Have you ever made that requirements to your management vendors, or been given the idea that you need one? It’s certainly a logical requirement. As an IaaS service provider, you put together products from many vendors. Each product cannot be monitored in isolation, as they impact one another.
The above requirement or idea comes with other names too. The popular ones are “ single pane of glass ” and “end to end visibility”.
I’m not implying it is a bad idea. It is in fact the holy grail of IT operations. The mistake is the solution you have in mind is wrong.
Think about it. What’s the reason behind the requirement? Another word, what’s the end goal you’re trying to achieve?
We can use different words to articulate the goal. They are essentially the same thing. Here are some examples:
- You want to do your job well, which is to serve your customers. The business of IaaS requires you to ensure the IaaS platform delivers the performance and availability promise you state in your SLA.
- You want to be able to troubleshoot fast, and see problems before they become serious.
- If you cannot troubleshoot the root cause, you need to at least prove it is not due to your IaaS.
On a lighter note, we can say the goal can be summed in 1 word: TTI.
That’s Time to Innocence, not Time to Investigate
Ok, so we have seen here that there are 2 parties: You and Your Customer .
Let’s now look at 2 scenarios of opposite nature.
- Scenario 1 : You spot some errors in your storage, network and VMware. But your customers are all happy. None of their VMs are affected. Is there an active fire you need to put out right now ? All customers told me, the answer is no . Enterprise IT is practical because business is practical. There is no need to complicate matter. You can take your time to troubleshoot as business is not affected.
- Scenario 2 : I’d take the opposite situation. Every component of your IaaS is healthy. Your storage, network, server, hypervisor are all doing well. You support 10000 VM. 9999 is happy, but 1 is not. But that 1 VM happens to be the CEO desktop, and he needs to use it right now. Is there an raging fire, and you’re firefighting furiously? You bet!

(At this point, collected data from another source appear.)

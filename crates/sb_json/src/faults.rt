ghost use Rattle.std.specs.Prelude.{◌≡◌};
ghost use Rattle.sb_json.specs.Faults.{fault_in_item};
ghost use Rattle.sb_json.specs.declared.faults.FieldFault.TheVariants.{OutOfMemory as FieldMemory};
ghost use Rattle.sb_json.specs.declared.faults.MessageFault.TheVariants.{OutOfMemory as MessageMemory};

use crate::Field;
use sb_model::OutOfMemory;
use std::error::Error;
use std::fmt;

/// Why a field is not read.
#[derive(Clone, Copy, Debug, PartialEq, Eq, Hash)]
pub enum FieldFault {
    /// 1: it is needed, and absent or null.
    Missing(Field),
    /// 2: it is a value of another kind than its own.
    WrongKind(Field),
    /// 3: it is no whole number, or out of its range.
    Number(Field),
    /// 4: it is not base64 of some bytes.
    Base64(Field),
    /// 5: it is a word that its table has not.
    Name(Field),
    /// 6: it has this many bytes, which it may not.
    Size(Field, u64),
    /// 7: it is no duration.
    Duration(Field),
    /// Memory was refused. It never stands inside another fault: `MessageFault::of` takes it out.
    OutOfMemory,
}

/// Why a text is no message.
#[derive(Clone, Copy, Debug, PartialEq, Eq, Hash)]
pub enum MessageFault {
    /// 0: it is too dense. A text of so many bytes may open 8,192 lists and objects and one more for each 48 bytes, and have
    /// 65,536 values and one more for each 6 bytes. What stands in a string does not count, and the values are counted by
    /// the commas, the colons and the openings. The place is that of the first byte, from 0, with which it has more.
    TooDense(u64),
    /// 1: it is not JSON.
    NotJson,
    /// 2: a field is not read, in the item with this number. Items count from 1, and 0 is outside them.
    Field(FieldFault, u64),
    /// 3: there are this many items, more than there may be.
    TooManyItems(u64),
    /// Memory was refused.
    OutOfMemory,
}

impl MessageFault {
    /// The fault of a message that has this fault of a field in this item. Want of memory is the message's
    /// own.
    pub fn of(fault: FieldFault, item: u64) -> MessageFault
        ensures { result ≡ fault_in_item fault item }
    {
        match fault {
            FieldFault::OutOfMemory => MessageFault::OutOfMemory,
            _ => MessageFault::Field(fault, item),
        }
    }
}

impl fmt::Display for FieldFault {
    fn fmt<W: fmt::Write>(&self, f: &mut fmt::Formatter<W>) -> fmt::Result {
        match self {
            FieldFault::Missing(field) => write!(f, "{field} is missing"),
            FieldFault::WrongKind(field) => write!(f, "{field} is of the wrong kind"),
            FieldFault::Number(field) => write!(f, "{field} is no number in its range"),
            FieldFault::Base64(field) => write!(f, "{field} is not base64"),
            FieldFault::Name(field) => write!(f, "{field} is an unknown name"),
            FieldFault::Size(field, size) => write!(f, "{field} has {size} bytes"),
            FieldFault::Duration(field) => write!(f, "{field} is no duration"),
            FieldFault::OutOfMemory => f.write_str("out of memory"),
        }
    }
}

impl Error for FieldFault {}

impl fmt::Display for MessageFault {
    fn fmt<W: fmt::Write>(&self, f: &mut fmt::Formatter<W>) -> fmt::Result {
        match self {
            MessageFault::TooDense(place) => write!(f, "too dense at byte {place}"),
            MessageFault::NotJson => f.write_str("not JSON"),
            MessageFault::Field(fault, 0) => write!(f, "{fault}"),
            MessageFault::Field(fault, item) => write!(f, "{fault}, in item {item}"),
            MessageFault::TooManyItems(count) => write!(f, "{count} items are too many"),
            MessageFault::OutOfMemory => f.write_str("out of memory"),
        }
    }
}

impl Error for MessageFault {}

impl From<OutOfMemory> for FieldFault {
    ghost from_gives = { λ _ fault. fault ≡ FieldMemory };

    fn from(_refused: OutOfMemory) -> FieldFault {
        FieldFault::OutOfMemory
    }
}

impl From<OutOfMemory> for MessageFault {
    ghost from_gives = { λ _ fault. fault ≡ MessageMemory };

    fn from(_refused: OutOfMemory) -> MessageFault {
        MessageFault::OutOfMemory
    }
}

The above 2 scenarios clarify that the single pane of glass you are looking for is not what your customers want you to look for. The dashboard you have in mind has information about your ESXi, cluster, datastore, distributed virtual switch, NSX, physical storage, physical network, FC fabric, etc. You want to see them all. How each performs, and how they are related to one another.
I hope you see the problem of such single pane of glass.
Yup, your customers don’t care. Your Infrastructure is irrelevant as far as they are concerned. The dashboard does not show enough information on your customers, and show too much information on your IaaS.
Focus on something they care, which is their VM and how you serve them .
- If you promise 0 dropped packets for network, then prove that not a single VMs experience dropped packet.
- If you promise 30 ms disk latency for Tier 3 service level, then prove that every VM has its IOs served within 30 ms.
- If you promise that performance will be as good as physical for your Platinum service level, then show that not a single VM in the Platinum cluster is contending for CPU and RAM.
The chart below shows a reasonable expectation on your IaaS from CIO viewpoint.
How do we prove that not a single VM in any service tier fails the SLA threshold you promise for that tier? Since it is IaaS, that means CPU, RAM, Disk and Network, the 4 main components of Infrastructure.
Your CIO expects to see consistency in performance. So you need to show a monthly report.
Is it easy? Let’s see. Assume you look after 4000 VM.
Can you think what the dashboard looks like?
That’s the dashboard you need to display as The First Dashboard . It is the first pane in your single pane of glass screen.